Traduzioni da Mosco (1815)

Idillio quinto

 

            Quando il ceruleo mar soavemente
increspa il vento, al pigro core io cedo:
la Musa non mi alletta, e al mar tranquillo,
più che alla Musa, amo sedere accanto.
Ma quando spuma il mar canuto, e l’onda
5          gorgoglia, e s’alza strepitosa, e cade,
il suol riguardo, e gli arbori, e dal mare
lungi men fuggo: allor sicura, e salda
parmi la terra, allora in selva oscura
seder m’è grato, mentre canta un pino
al soffiar di gran vento. Oh quanto è trista
10         del pescator la vita, a cui la barca
è casa, e campo il mare infido, e il pesce
è preda incerta! Oh quanto dolcemente
d’un platano chiomato io dormo all’ombra!
Quanto m’è grato il mormorar del rivo,
che mai nel campo il villanel disturba!

 

Metro: endecasillabi sciolti

Mosco è un poeta greco vissuto a Siracusa nel II sec. a. C., autore di carmi bucolici e di idilli dai toni eleganti e scherzosi.

L’idillio è un breve carme (il termine significa “piccola poesia”) appartenente al genere della poesia pastorale. Nella tradizione classica l’idillio ritrae generalmente tenui bozzetti di vita agreste ed è animato dalla concezione della benevolenza della natura nei confronti di chi sceglie di vivere sotto la sua guida.

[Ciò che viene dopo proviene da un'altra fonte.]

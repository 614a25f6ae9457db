//! Writing what a machine's harts hold.
ghost use Rattle.std.specs.Prelude.{◌≡◌, ◌+◌, ◌<◌, ◌≤◌, ◌++◌, length, slice_get};
ghost use Rattle.std.specs.List.{flat_map, range_with_len};
ghost use Rattle.event_stream.specs.Holding as holding;
ghost use Rattle.machine_types.specs.declared.limits.TheConstants.{MAX_HARTS};
ghost use Rattle.machine_model.specs.Views.{node_at};
ghost use Rattle.text_fields.specs.Pages.{HasLineRoom, Spells, size};
ghost use Rattle.text_fields.specs.Fields.{hex};
ghost use Rattle.tilelink_channels.specs.Queues.{queue_of};
ghost use Rattle.tl_types.specs.Line.{bytes_of};
ghost use Rattle.trace_text.specs.Words as words;

use crate::waits::{line_address, size_of};
use assembly::register;
use client_cache::{ClientCache, Held};
use coherent_machine::Machine;
use hart::Hart;
use rv32_decode::Register;
use rv32_exec::Regs;
use std::io::{Result, Write};
use store_buffer::{Entry, StoreBuffer};
use text_fields::Page;
use tilelink_channels::Queues;
use tl_types::{Channel, LineData, Msg};
use trace_text::spell_message;

/// A name with a number.
fn spell_value(page: &mut Page, hart: u8, name: &[u8], value: u32)
    requires room { HasLineRoom page.old }
    requires short { length name.now ≤ 4 }
    ensures { page.new ≡ page.old ++ holding.value_line hart name.now value }
{
    page.text(b"X ");
    page.number(hart as u64, b' ');
    page.text(name);
    page.text(b" ");
    page.word(value);
    page.text(b"\n");
}

fn spell_register(page: &mut Page, hart: u8, registers: &Regs, number: u8)
    requires room { HasLineRoom page.old }
    requires inside { number < 32 }
    ensures { page.new ≡ page.old ++ holding.register_line hart registers.now number }
{
    let place = Register::new(number);
    let value = registers.get(place);
    if value != 0 {
        spell_value(page, hart, register(place), value);
    }
}

fn put_file<W: Write>(page: &mut Page, out: &mut W, hart: u8, registers: &Regs) -> Result<()>
    ensures { Spells (W.contents out.old) (W.contents out.new) page.old page.new (flat_map (holding.register_line hart registers.now) (range_with_len 0 32)) result }
{
    let mut number: u8 = 0;
    while number < 32 {
        page.make_room(out)?;
        spell_register(page, hart, registers, number);
        number += 1;
    }
    Ok(())
}

/// The pc, and the registers that aren't zero.
fn put_registers<W: Write>(page: &mut Page, out: &mut W, id: u8, hart: &Hart) -> Result<()>
    ensures { Spells (W.contents out.old) (W.contents out.new) page.old page.new (holding.registers id hart.now) result }
{
    page.make_room(out)?;
    spell_value(page, id, b"pc", hart.pc);
    put_file(page, out, id, &hart.regs)
}

fn spell_byte(page: &mut Page, entry: &Entry, place: usize)
    requires room { length page.old + 2 ≤ size }
    requires inside { place < 4 }
    ensures value { page.new ≡ page.old ++ holding.byte_text entry.now place }
    ensures len { length page.new ≤ length page.old + 2 }
{
    if entry.mask.marks()[place] {
        page.hex(&entry.bytes[place..place + 1]);
    } else {
        page.text(b"--");
    }
}

fn spell_entry(page: &mut Page, hart: u8, group: u64, entry: &Entry)
    requires { HasLineRoom page.old }
    ensures { page.new ≡ page.old ++ holding.entry_line hart group entry.now }
{
    page.text(b"B ");
    page.number(hart as u64, b' ');
    page.number(group, b' ');
    page.word(entry.word);
    page.text(b" ");
    spell_byte(page, entry, 0);
    spell_byte(page, entry, 1);
    spell_byte(page, entry, 2);
    spell_byte(page, entry, 3);
    page.text(b"\n");
}

fn put_group<W: Write>(
    page: &mut Page,
    out: &mut W,
    hart: u8,
    group: u64,
    entries: &[Entry],
) -> Result<()>
    ensures { Spells (W.contents out.old) (W.contents out.new) page.old page.new (holding.group_lines hart group entries.now) result }
{
    for entry in entries {
        page.make_room(out)?;
        spell_entry(page, hart, group, entry);
    }
    Ok(())
}

/// The stores that wait, group by group.
fn put_buffer<W: Write>(page: &mut Page, out: &mut W, hart: u8, buffer: &StoreBuffer) -> Result<()>
    ensures { Spells (W.contents out.old) (W.contents out.new) page.old page.new (holding.buffer_lines hart buffer.now) result }
{
    let count = buffer.group_count();
    let mut index = 0;
    while index < count {
        put_group(page, out, hart, index as u64, buffer.group(index))?;
        index += 1;
    }
    Ok(())
}

/// A letter, a hart and an address.
fn spell_address_line(page: &mut Page, letter: &[u8], hart: u8, address: u32)
    requires room { length page.old + 34 ≤ size }
    requires short { length letter.now ≤ 2 }
    ensures value { page.new ≡ page.old ++ holding.address_line letter.now hart address }
    ensures len { length page.new ≤ length page.old + 34 }
{
    page.text(letter);
    page.number(hart as u64, b' ');
    page.word(address);
    page.text(b"\n");
}

fn put_reservation<W: Write>(
    page: &mut Page,
    out: &mut W,
    hart: u8,
    reserved: Option<u32>,
) -> Result<()>
    ensures { Spells (W.contents out.old) (W.contents out.new) page.old page.new (holding.reservation_line hart reserved) result }
{
    page.make_room(out)?;
    spell_reservation(page, hart, reserved);
    Ok(())
}

fn spell_reservation(page: &mut Page, hart: u8, reserved: Option<u32>)
    requires { HasLineRoom page.old }
    ensures { page.new ≡ page.old ++ holding.reservation_line hart reserved }
{
    if let Some(word) = reserved {
        spell_address_line(page, b"L ", hart, word);
    }
}

fn held_name(held: &Held) -> &'static [u8]
    ensures value { result.now ≡ holding.held_name held.now }
    ensures len { length result.now ≤ 13 }
{
    match held {
        Held::Branch(_) => b" Branch ",
        Held::Trunk { dirty: false, .. } => b" Trunk ",
        Held::Trunk { dirty: true, .. } => b" dirty Trunk ",
    }
}

/// A line's bytes.
pub(crate) fn spell_bytes(page: &mut Page, bytes: &LineData)
    requires { length page.old + 128 ≤ size }
    ensures value { page.new ≡ page.old ++ hex (bytes_of bytes.now) }
    ensures len { length page.new ≤ length page.old + 128 }
{
    match bytes {
        LineData::Bytes16(bytes) => page.hex(bytes),
        LineData::Bytes64(bytes) => page.hex(bytes),
    }
}

fn spell_copy(page: &mut Page, hart: u8, line: u32, copy: Option<Held>)
    requires { length page.old + 175 ≤ size }
    ensures value { page.new ≡ page.old ++ holding.copy_line hart line copy }
    ensures len { length page.new ≤ length page.old + 175 }
{
    if let Some(held) = copy {
        page.text(b"C ");
        page.number(hart as u64, b' ');
        page.word(line);
        page.text(held_name(&held));
        spell_bytes(page, &held.bytes());
        page.text(b"\n");
    }
}

fn spell_if(page: &mut Page, is_so: bool, letter: &[u8], hart: u8, line: u32)
    requires room { length page.old + 34 ≤ size }
    requires short { length letter.now ≤ 2 }
    ensures value { page.new ≡ page.old ++ holding.if_so is_so (holding.address_line letter.now hart line) }
    ensures len { length page.new ≤ length page.old + 34 }
{
    if is_so {
        spell_address_line(page, letter, hart, line);
    }
}

/// What a cache has to do with a line.
fn spell_line(page: &mut Page, hart: u8, cache: &ClientCache, line: u32)
    requires { HasLineRoom page.old }
    ensures { page.new ≡ page.old ++ holding.cache_line hart cache.now line }
{
    spell_copy(page, hart, line, cache.copy(line));
    spell_if(page, cache.is_acquiring(line), b"A ", hart, line);
    spell_if(page, cache.is_releasing(line), b"U ", hart, line);
}

fn spell_line_at(page: &mut Page, machine: &Machine, hart: u8, cache: &ClientCache, number: u32)
    requires room { HasLineRoom page.old }
    requires few { number < 65536 }
    ensures { page.new ≡ page.old ++ holding.line_in_cache machine.now hart cache.now number }
{
    spell_line(page, hart, cache, line_address(size_of(machine), number));
}

/// The copies with their bytes, and the outstanding Acquires and unanswered Releases, by line.
fn put_cache<W: Write>(
    page: &mut Page,
    out: &mut W,
    machine: &Machine,
    hart: u8,
    cache: &ClientCache,
) -> Result<()>
    ensures { Spells (W.contents out.old) (W.contents out.new) page.old page.new (holding.cache_lines machine.now hart cache.now) result }
{
    let count = machine.views().memory().line_count();
    let mut number = 0;
    while number < count {
        page.make_room(out)?;
        spell_line_at(page, machine, hart, cache, number);
        number += 1;
    }
    Ok(())
}

fn letter(channel: Channel) -> &'static [u8]
    ensures value { result.now ≡ words.channel channel }
    ensures len { length result.now ≤ 2 }
{
    match channel {
        Channel::A => b"A ",
        Channel::B => b"B ",
        Channel::C => b"C ",
        Channel::D => b"D ",
        Channel::E => b"E ",
    }
}

fn spell_waiting(page: &mut Page, hart: u8, channel: Channel, message: &Msg)
    requires { HasLineRoom page.old }
    ensures { page.new ≡ page.old ++ holding.message_line hart channel message.now }
{
    page.text(b"Q ");
    page.text(letter(channel));
    page.number(hart as u64, b' ');
    spell_message(page, message);
    page.text(b"\n");
}

fn spell_waiting_at(page: &mut Page, hart: u8, channel: Channel, queues: &Queues, place: usize)
    requires { HasLineRoom page.old }
    ensures { page.new ≡ page.old ++ holding.message_if hart channel (slice_get (queue_of queues.now channel) place) }
{
    if let Some(message) = queues.get(channel, place) {
        spell_waiting(page, hart, channel, &message);
    }
}

/// The messages that wait on a channel, the first sent first.
fn put_queue<W: Write>(
    page: &mut Page,
    out: &mut W,
    hart: u8,
    channel: Channel,
    queues: &Queues,
) -> Result<()>
    ensures { Spells (W.contents out.old) (W.contents out.new) page.old page.new (holding.queue_lines hart channel queues.now) result }
{
    let count = queues.len(channel);
    let mut place = 0;
    while place < count {
        page.make_room(out)?;
        spell_waiting_at(page, hart, channel, queues, place);
        place += 1;
    }
    Ok(())
}

/// The messages that wait on these channels.
fn put_queues<W: Write>(
    page: &mut Page,
    out: &mut W,
    hart: u8,
    queues: &Queues,
    channels: &[Channel],
) -> Result<()>
    ensures { Spells (W.contents out.old) (W.contents out.new) page.old page.new (flat_map (holding.waiting_lines hart queues.now) channels.now) result }
{
    for channel in channels {
        put_queue(page, out, hart, *channel, queues)?;
    }
    Ok(())
}

fn put_own_registers<W: Write>(
    page: &mut Page,
    out: &mut W,
    machine: &Machine,
    hart: u8,
) -> Result<()>
    requires { hart < length machine.now.views.nodes }
    ensures { Spells (W.contents out.old) (W.contents out.new) page.old page.new (holding.registers hart (node_at machine.now hart).hart) result }
{
    put_registers(page, out, hart, machine.views().hart(hart as usize))
}

fn put_own_buffer<W: Write>(page: &mut Page, out: &mut W, machine: &Machine, hart: u8) -> Result<()>
    requires { hart < length machine.now.views.nodes }
    ensures { Spells (W.contents out.old) (W.contents out.new) page.old page.new (holding.buffer_lines hart (node_at machine.now hart).buffer) result }
{
    put_buffer(page, out, hart, machine.views().buffer(hart as usize))
}

fn put_own_reservation<W: Write>(
    page: &mut Page,
    out: &mut W,
    machine: &Machine,
    hart: u8,
) -> Result<()>
    requires { hart < length machine.now.views.nodes }
    ensures { Spells (W.contents out.old) (W.contents out.new) page.old page.new (holding.reservation_line hart (node_at machine.now hart).reserved) result }
{
    put_reservation(page, out, hart, machine.views().reserved(hart as usize))
}

fn put_own_cache<W: Write>(page: &mut Page, out: &mut W, machine: &Machine, hart: u8) -> Result<()>
    requires { hart < length machine.now.views.nodes }
    ensures { Spells (W.contents out.old) (W.contents out.new) page.old page.new (holding.cache_lines machine.now hart (node_at machine.now hart).cache) result }
{
    put_cache(
        page,
        out,
        machine,
        hart,
        machine.views().cache(hart as usize),
    )
}

fn put_own_queues<W: Write>(page: &mut Page, out: &mut W, machine: &Machine, hart: u8) -> Result<()>
    requires { hart < length machine.now.views.nodes }
    ensures { Spells (W.contents out.old) (W.contents out.new) page.old page.new (flat_map (holding.waiting_lines hart (node_at machine.now hart).queues) holding.channels) result }
{
    let channels = [Channel::A, Channel::B, Channel::C, Channel::D, Channel::E];
    put_queues(
        page,
        out,
        hart,
        machine.views().queues(hart as usize),
        &channels,
    )
}

/// All that a hart holds.
fn put_hart<W: Write>(page: &mut Page, out: &mut W, machine: &Machine, hart: u8) -> Result<()>
    requires { hart < length machine.now.views.nodes }
    ensures { Spells (W.contents out.old) (W.contents out.new) page.old page.new (holding.hart_lines machine.now hart) result }
{
    put_own_registers(page, out, machine, hart)?;
    put_own_buffer(page, out, machine, hart)?;
    put_own_reservation(page, out, machine, hart)?;
    put_own_cache(page, out, machine, hart)?;
    put_own_queues(page, out, machine, hart)
}

/// What the harts of a machine hold. What has no room on the page is handed on.
pub(crate) fn put_held<W: Write>(page: &mut Page, out: &mut W, machine: &Machine) -> Result<()>
    requires { length machine.now.views.nodes ≤ MAX_HARTS }
    ensures { Spells (W.contents out.old) (W.contents out.new) page.old page.new (holding.held_lines machine.now) result }
{
    let count = machine.views().harts();
    let mut number = 0;
    while number < count {
        put_hart(page, out, machine, number as u8)?;
        number += 1;
    }
    Ok(())
}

L’attività di traduttore dal greco e dal latino, iniziata nel 1814, testimonia un’altra importante direzione nella formazione del giovane Leopardi, accanto a quella della ricerca erudita:  lo studio del linguaggio, delle forme, dei ritmi, delle immagini della tradizione letteraria classica.
A proposito  della funzione dell’esercizio di tradurre  nella formazione di un poeta, ecco che cosa scrive il poeta stesso in due lettere del 1817 a Pietro Giordani:
“… Ella mi dice da Maestro che il tradurre è utilissimo nell’età mia, cosa certa e che la pratica a me rende manifestissima. Perché quando ho letto qualche Classico, la mia mente tumultua e si confonde. Allora prendo a tradurre il meglio, e quelle bellezze per necessità esaminate e rimenate a una a una, piglian posto nella mia mente, e l’arricchiscono e mi lasciano in pace”. (21 marzo 1817)
“… Che la proprietà de’ concetti e delle espressioni sia appunto quella cosa che discerne lo scrittor Classico dal dozzinale, e tanto più sia difficile a conservare nelle espressioni, quanto la lingua  è più ricca, è verità tanto evidente che fu la prima  di cui m’accorsi quando comunicai a riflettere seriamente nella letteratura: e dopo questo facilmente vidi che il mezzo più spedito e sicuro di ottenere questa proprietà era il trasportare dall’una in un’altra lingua i buoni scrittori”. (30 aprile 1817)
Per Leopardi l’esercizio di tradurre non si esaurisce quindi in un semplice apprendistato tecnico, ma diventa ricerca di un personale linguaggio poetico.
Anche in questa traduzione dell’Idillio quinto di Mosco si può osservare da una parte lo sforzo di riprodurre l’”elegantissimo” mondo poetico della tradizione bucolica (è lo stesso traduttore, in una nota, a sottolineare questo aspetto dell’idillio di Mosco), dall’altra l’uso di vocaboli, di immagini, di costruzioni sintattiche che diverranno proprie della poesia leopardiana della  maturità. 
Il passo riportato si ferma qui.